The comparison between reasoning and non-reasoning models also revealed areas where performance was similar, particularly in rule-based and surface-level tasks like Basic Noun Pluralisation and Present Tense. This indicates that for straightforward grammatical applications, the benefits of explicit reasoning might be less pronounced. Non-reasoning models showed a slight edge in some areas like Simple Prepositions and certain Adjective uses, potentially due to their extensive training on broad linguistic patterns.

The differences observed among the reasoning models themselves highlight that the implementation and effectiveness of reasoning capabilities can vary. Models that are better at sequential decision-making appear to perform better on complex transformations.

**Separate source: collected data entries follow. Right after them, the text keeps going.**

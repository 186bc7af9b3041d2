// What a local variable, an operand stack, a field or a component of an array holds (JVMS 2.3, 2.4, 2.6).
ghost use Rattle.std.specs.Prelude.{◌≡◌, option_copied};
ghost use Rattle.jvm_model.specs.Types.{default_of};
ghost use Rattle.jvm_model.specs.Value as machine;
ghost use Rattle.run_values.specs.References.{number_of, text_of};

use class_model::Kind;
use jv_base::{Shared, Units};
use std::alloc::AllocError;
use std::marker::Model;

/// A value of the machine (JVMS 2.3, 2.4), which contracts see as such: an int, a long, null, an object by its number,
/// or the string of a literal.
#[derive(Drop)]
pub struct Value {
    content: Content,
}

#[derive(Drop)]
enum Content {
    Int(i32),
    Long(i64),
    Null,
    Ref(usize),
    Lit(Shared<Units>),
}

impl Model for Value {
    ghost use Rattle.jvm_model.specs.Value as machine;

    ghost Value = { machine.Value };

    ghost use Rattle.run_values.specs.bodies.Contents.{value_of};

    ghost view = { λ v. value_of v.content };
}

impl Value {
    /// An int, or a boolean, byte, char or short.
    pub fn int(number: i32) -> Self
        ensures { result ≡ machine.Int number }
    {
        Value {
            content: Content::Int(number),
        }
    }

    /// A long.
    pub fn long(number: i64) -> Self
        ensures { result ≡ machine.Long number }
    {
        Value {
            content: Content::Long(number),
        }
    }

    /// The null reference.
    pub fn null() -> Self
        ensures { result ≡ machine.Null }
    {
        Value {
            content: Content::Null,
        }
    }

    /// The reference to an object, by its number on the heap.
    pub fn reference(number: usize) -> Self
        ensures { result ≡ machine.Ref number }
    {
        Value {
            content: Content::Ref(number),
        }
    }

    /// The reference to the string of a literal, by its UTF-16 units (JVMS 5.1).
    pub fn literal(units: Shared<Units>) -> Self
        ensures { result ≡ machine.Lit units }
    {
        Value {
            content: Content::Lit(units),
        }
    }

    /// A truth value as an int (JVMS 2.3.4).
    pub fn truth(is_true: bool) -> Self
        ensures { result ≡ machine.truth is_true }
    {
        if is_true {
            Value::int(1)
        } else {
            Value::int(0)
        }
    }

    /// The value with which a variable begins: zero, or null (JVMS 2.3, 2.4).
    pub fn default_of(kind: Kind) -> Self
        ensures { result ≡ default_of kind }
    {
        match kind {
            Kind::Int => Value::int(0),
            Kind::Long => Value::long(0),
            Kind::Ref => Value::null(),
        }
    }

    /// Whether it is a reference (JVMS 2.4).
    pub fn is_reference(&self) -> bool
        ensures { result ≡ machine.is_reference self.now }
    {
        matches!(
            self.content,
            Content::Null | Content::Ref(_) | Content::Lit(_)
        )
    }

    /// Whether it takes two words (JVMS 2.11.1).
    pub fn is_wide(&self) -> bool
        ensures { result ≡ machine.is_wide self.now }
    {
        matches!(self.content, Content::Long(_))
    }

    /// Whether it is of a computational type (JVMS 2.11.1).
    pub fn is_of(&self, kind: Kind) -> bool
        ensures { result ≡ machine.is_of kind self.now }
    {
        match kind {
            Kind::Int => matches!(self.content, Content::Int(_)),
            Kind::Long => matches!(self.content, Content::Long(_)),
            Kind::Ref => self.is_reference(),
        }
    }

    /// Whether it is the null reference.
    pub fn is_null(&self) -> bool
        ensures { result ≡ machine.same_reference self.now machine.Null }
    {
        matches!(self.content, Content::Null)
    }

    /// The int, if it is one.
    pub fn as_int(&self) -> Option<i32>
        ensures { result ≡ machine.as_int self.now }
    {
        match self.content {
            Content::Int(number) => Some(number),
            _ => None,
        }
    }

    /// The long, if it is one.
    pub fn as_long(&self) -> Option<i64>
        ensures { result ≡ machine.as_long self.now }
    {
        match self.content {
            Content::Long(number) => Some(number),
            _ => None,
        }
    }

    /// The number of the object that it refers to, if it does.
    pub fn as_number(&self) -> Option<usize>
        ensures { result ≡ number_of self.now }
    {
        match self.content {
            Content::Ref(number) => Some(number),
            _ => None,
        }
    }

    /// The UTF-16 units of the literal that it refers to, if it does.
    pub fn as_text(&self) -> Option<&Units>
        ensures { option_copied result ≡ text_of self.now }
    {
        match &self.content {
            Content::Lit(units) => Some(&**units),
            _ => None,
        }
    }

    /// Whether two references are equal (JVMS 6.5.if_acmp_cond).
    pub fn is_same_reference(&self, other: &Value) -> bool
        ensures { result ≡ machine.same_reference self.now other.now }
    {
        match &self.content {
            Content::Null => other.is_null(),
            Content::Ref(number) =>
                matches!(other.content, Content::Ref(others) if *number == others),
            Content::Lit(units) => other.is_literal(units),
            _ => false,
        }
    }

    /// Whether it is the string of a literal with these units.
    fn is_literal(&self, units: &Shared<Units>) -> bool
        ensures { result ≡ machine.same_reference (machine.Lit units.now) self.now }
    {
        match &self.content {
            Content::Lit(others) => *units == *others,
            _ => false,
        }
    }
}

impl Clone for Value {
    ghost is_clone = { λ a b. b ≡ a };

    fn clone(&self) -> Result<Value, AllocError> {
        match &self.content {
            Content::Int(number) => Ok(Value::int(*number)),
            Content::Long(number) => Ok(Value::long(*number)),
            Content::Null => Ok(Value::null()),
            Content::Ref(number) => Ok(Value::reference(*number)),
            Content::Lit(units) => Ok(Value::literal(units.clone()?)),
        }
    }
}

Overall, the findings suggest that reasoning models represent a significant step forward in handling complex grammatical structures in lower-resource languages like Irish. While there are still areas for improvement, particularly with highly irregular or rare features, the ability of these models to reason through multi-step linguistic processes offers promising avenues for future language technology development and preservation efforts.

Building on the insights gained from evaluating both non-reasoning and reasoning models, the next phase of this research will explore methods to further enhance LLM performance on Irish grammar. The next step will be adding more context now that we have ascertained the baseline. A key area of investigation is the impact of providing models with explicit grammatical rules. For example, we will test whether explaining complex features like the autonomous verb form before prompting the models leads to improved accuracy. Additionally, we plan to experiment with using tools and external data sources to enrich the models' knowledge and understanding of Irish, aiming to close the performance gap on challenging grammatical features. This iterative approach seeks to identify effective strategies for leveraging AI to support and preserve lower-resource languages.